--- DATASET CONTENT Enclosed Below ---

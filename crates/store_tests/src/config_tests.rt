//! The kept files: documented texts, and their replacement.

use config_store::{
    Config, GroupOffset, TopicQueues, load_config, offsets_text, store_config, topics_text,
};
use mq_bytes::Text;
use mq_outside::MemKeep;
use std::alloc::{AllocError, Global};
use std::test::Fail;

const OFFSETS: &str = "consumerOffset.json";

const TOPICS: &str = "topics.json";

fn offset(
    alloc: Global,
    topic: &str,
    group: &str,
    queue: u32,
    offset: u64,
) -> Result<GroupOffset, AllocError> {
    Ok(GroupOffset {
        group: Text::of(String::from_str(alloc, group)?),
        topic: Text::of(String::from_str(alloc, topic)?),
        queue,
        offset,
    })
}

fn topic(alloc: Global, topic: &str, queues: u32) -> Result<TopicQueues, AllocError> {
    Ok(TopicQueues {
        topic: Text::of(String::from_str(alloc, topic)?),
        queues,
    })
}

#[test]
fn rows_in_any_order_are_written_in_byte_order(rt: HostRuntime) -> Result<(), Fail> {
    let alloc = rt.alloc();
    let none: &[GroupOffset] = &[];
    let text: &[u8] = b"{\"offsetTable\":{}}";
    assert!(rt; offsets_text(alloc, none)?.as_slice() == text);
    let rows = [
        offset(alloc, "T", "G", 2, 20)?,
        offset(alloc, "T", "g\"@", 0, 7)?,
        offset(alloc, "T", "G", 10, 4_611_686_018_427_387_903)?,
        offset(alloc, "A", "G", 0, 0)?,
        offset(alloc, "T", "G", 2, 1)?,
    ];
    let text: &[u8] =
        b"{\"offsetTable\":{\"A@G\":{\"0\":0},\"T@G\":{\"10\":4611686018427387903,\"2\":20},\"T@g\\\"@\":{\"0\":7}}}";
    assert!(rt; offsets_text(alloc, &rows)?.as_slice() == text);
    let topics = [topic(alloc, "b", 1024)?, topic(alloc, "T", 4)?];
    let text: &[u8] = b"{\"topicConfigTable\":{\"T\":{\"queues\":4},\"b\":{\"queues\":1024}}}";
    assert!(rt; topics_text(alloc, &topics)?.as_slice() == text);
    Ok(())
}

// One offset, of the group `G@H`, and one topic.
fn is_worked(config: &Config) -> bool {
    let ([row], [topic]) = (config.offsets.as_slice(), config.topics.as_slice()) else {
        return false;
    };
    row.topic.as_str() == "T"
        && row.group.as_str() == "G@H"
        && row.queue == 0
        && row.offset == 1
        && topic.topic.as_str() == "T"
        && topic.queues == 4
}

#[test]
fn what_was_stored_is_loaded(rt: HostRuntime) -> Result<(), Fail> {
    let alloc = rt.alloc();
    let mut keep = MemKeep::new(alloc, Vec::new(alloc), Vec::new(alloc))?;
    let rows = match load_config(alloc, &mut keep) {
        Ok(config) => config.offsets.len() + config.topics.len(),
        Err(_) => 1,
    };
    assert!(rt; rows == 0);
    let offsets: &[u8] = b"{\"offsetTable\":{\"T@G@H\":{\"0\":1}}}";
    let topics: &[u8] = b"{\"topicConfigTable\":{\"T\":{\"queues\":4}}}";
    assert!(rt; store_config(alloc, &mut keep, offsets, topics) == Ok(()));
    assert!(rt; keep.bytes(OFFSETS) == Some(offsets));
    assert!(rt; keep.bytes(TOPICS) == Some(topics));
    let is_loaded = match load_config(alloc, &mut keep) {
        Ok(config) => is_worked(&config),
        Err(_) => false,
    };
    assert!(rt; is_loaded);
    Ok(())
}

--- End of Enclosed DATASET CONTENT ---

If a line in the records holds the word "assert", count it, then give only the total.

8